Stored items

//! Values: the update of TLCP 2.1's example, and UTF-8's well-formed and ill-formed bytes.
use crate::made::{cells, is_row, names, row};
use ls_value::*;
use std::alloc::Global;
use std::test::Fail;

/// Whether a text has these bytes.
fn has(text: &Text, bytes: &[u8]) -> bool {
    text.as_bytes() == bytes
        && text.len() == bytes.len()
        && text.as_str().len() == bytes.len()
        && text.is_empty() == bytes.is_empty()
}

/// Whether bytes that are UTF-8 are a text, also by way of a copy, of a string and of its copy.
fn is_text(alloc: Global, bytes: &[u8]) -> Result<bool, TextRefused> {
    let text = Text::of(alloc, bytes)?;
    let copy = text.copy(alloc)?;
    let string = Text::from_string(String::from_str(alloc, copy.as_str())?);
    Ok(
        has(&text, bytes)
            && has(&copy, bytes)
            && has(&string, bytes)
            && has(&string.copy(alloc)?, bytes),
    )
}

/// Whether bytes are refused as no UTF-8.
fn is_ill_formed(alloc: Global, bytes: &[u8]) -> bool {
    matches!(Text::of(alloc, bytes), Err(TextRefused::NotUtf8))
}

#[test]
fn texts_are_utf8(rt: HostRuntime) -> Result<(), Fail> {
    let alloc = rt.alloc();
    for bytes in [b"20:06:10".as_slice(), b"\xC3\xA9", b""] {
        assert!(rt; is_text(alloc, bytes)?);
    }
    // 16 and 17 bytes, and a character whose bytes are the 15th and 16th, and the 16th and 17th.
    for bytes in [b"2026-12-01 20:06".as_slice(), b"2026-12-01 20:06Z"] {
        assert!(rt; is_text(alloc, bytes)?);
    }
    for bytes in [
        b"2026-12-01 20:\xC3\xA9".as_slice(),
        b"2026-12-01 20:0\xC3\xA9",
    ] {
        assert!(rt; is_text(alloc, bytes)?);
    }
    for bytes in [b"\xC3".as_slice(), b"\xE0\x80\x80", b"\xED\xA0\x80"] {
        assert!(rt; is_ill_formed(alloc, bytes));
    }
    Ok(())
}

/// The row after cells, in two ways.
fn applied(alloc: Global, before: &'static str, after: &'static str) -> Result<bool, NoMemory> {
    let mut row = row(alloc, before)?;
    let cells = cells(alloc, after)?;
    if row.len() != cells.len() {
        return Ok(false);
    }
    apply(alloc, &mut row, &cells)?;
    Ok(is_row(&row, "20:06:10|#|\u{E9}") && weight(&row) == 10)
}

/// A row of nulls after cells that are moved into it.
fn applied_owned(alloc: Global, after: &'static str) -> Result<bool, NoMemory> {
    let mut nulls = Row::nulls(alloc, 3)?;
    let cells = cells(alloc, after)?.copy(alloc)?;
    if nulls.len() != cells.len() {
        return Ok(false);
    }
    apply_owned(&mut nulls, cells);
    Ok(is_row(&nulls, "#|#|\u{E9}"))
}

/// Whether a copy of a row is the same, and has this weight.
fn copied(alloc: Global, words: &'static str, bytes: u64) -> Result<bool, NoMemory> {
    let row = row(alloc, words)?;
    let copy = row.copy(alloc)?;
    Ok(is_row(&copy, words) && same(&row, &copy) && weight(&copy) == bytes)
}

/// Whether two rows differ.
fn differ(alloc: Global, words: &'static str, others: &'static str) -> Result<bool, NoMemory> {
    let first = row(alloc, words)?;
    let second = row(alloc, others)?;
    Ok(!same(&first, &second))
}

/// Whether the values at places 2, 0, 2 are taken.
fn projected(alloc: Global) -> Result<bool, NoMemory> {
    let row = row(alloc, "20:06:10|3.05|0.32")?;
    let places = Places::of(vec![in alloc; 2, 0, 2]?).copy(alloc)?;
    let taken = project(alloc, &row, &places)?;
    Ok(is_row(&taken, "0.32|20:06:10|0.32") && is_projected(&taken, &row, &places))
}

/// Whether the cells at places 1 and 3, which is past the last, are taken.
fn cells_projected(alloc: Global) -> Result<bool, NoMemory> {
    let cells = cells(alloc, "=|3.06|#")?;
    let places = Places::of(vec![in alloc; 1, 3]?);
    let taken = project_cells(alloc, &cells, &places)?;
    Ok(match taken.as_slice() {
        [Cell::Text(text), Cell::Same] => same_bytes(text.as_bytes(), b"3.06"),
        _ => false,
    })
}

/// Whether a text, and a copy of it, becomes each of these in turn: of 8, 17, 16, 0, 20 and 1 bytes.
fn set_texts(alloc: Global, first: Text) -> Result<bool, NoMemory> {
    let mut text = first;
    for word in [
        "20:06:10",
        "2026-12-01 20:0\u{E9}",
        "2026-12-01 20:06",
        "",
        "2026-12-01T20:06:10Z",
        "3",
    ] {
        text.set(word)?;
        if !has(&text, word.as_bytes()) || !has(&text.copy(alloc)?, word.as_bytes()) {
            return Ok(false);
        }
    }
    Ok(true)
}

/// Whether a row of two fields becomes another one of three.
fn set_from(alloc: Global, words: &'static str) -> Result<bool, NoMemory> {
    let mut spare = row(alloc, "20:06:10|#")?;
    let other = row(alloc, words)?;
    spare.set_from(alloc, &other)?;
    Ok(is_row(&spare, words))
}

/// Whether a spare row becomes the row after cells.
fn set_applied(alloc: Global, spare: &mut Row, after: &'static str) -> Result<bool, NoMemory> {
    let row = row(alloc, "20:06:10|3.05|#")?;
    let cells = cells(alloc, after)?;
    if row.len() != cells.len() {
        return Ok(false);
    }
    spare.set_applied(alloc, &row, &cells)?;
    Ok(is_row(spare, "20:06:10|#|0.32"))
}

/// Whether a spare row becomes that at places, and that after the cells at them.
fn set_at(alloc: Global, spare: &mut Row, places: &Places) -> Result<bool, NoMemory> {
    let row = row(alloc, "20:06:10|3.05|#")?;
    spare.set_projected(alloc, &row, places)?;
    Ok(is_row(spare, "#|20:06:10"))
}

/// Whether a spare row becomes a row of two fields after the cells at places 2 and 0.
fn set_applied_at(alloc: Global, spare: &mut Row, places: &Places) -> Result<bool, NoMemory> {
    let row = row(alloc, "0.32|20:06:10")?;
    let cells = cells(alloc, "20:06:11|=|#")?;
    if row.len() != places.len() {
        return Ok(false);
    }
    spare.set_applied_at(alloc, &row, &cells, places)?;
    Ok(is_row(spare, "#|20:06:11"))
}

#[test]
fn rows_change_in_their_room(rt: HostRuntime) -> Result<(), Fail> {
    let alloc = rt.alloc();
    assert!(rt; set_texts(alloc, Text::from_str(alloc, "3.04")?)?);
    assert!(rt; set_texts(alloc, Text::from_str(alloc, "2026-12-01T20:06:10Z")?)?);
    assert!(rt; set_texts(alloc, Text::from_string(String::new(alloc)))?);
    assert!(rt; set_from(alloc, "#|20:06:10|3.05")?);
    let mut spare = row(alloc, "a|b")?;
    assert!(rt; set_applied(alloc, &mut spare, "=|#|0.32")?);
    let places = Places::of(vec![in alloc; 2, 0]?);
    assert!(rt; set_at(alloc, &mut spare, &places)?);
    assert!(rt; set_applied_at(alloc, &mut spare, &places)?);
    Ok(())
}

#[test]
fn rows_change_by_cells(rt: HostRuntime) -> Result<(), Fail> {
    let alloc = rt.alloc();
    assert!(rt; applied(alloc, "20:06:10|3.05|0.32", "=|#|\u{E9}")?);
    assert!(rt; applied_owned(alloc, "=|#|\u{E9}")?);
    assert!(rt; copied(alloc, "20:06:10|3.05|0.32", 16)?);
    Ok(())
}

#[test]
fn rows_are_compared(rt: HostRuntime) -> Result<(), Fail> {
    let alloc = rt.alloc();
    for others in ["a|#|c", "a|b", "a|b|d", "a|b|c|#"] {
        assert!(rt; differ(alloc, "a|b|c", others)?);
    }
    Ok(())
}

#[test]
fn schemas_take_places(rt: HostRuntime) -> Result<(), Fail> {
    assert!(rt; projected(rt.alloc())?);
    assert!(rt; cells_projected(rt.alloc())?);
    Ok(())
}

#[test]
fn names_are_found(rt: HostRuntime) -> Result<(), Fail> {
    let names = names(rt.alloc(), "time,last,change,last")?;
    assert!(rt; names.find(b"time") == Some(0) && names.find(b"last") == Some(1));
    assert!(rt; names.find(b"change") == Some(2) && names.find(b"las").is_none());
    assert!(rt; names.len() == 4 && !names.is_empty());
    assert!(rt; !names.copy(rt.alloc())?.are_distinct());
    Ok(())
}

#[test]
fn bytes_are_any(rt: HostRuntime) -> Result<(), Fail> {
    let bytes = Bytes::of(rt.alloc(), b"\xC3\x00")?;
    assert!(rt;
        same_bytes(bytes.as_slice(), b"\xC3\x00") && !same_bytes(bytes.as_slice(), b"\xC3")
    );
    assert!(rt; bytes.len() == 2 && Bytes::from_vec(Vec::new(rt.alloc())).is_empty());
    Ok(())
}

■ What you should do: Read the entries and pick out all lines that include the word "TextRefused".

■ Result:
fn is_text(alloc: Global, bytes: &[u8]) -> Result<bool, TextRefused> {
    matches!(Text::of(alloc, bytes), Err(TextRefused::NotUtf8))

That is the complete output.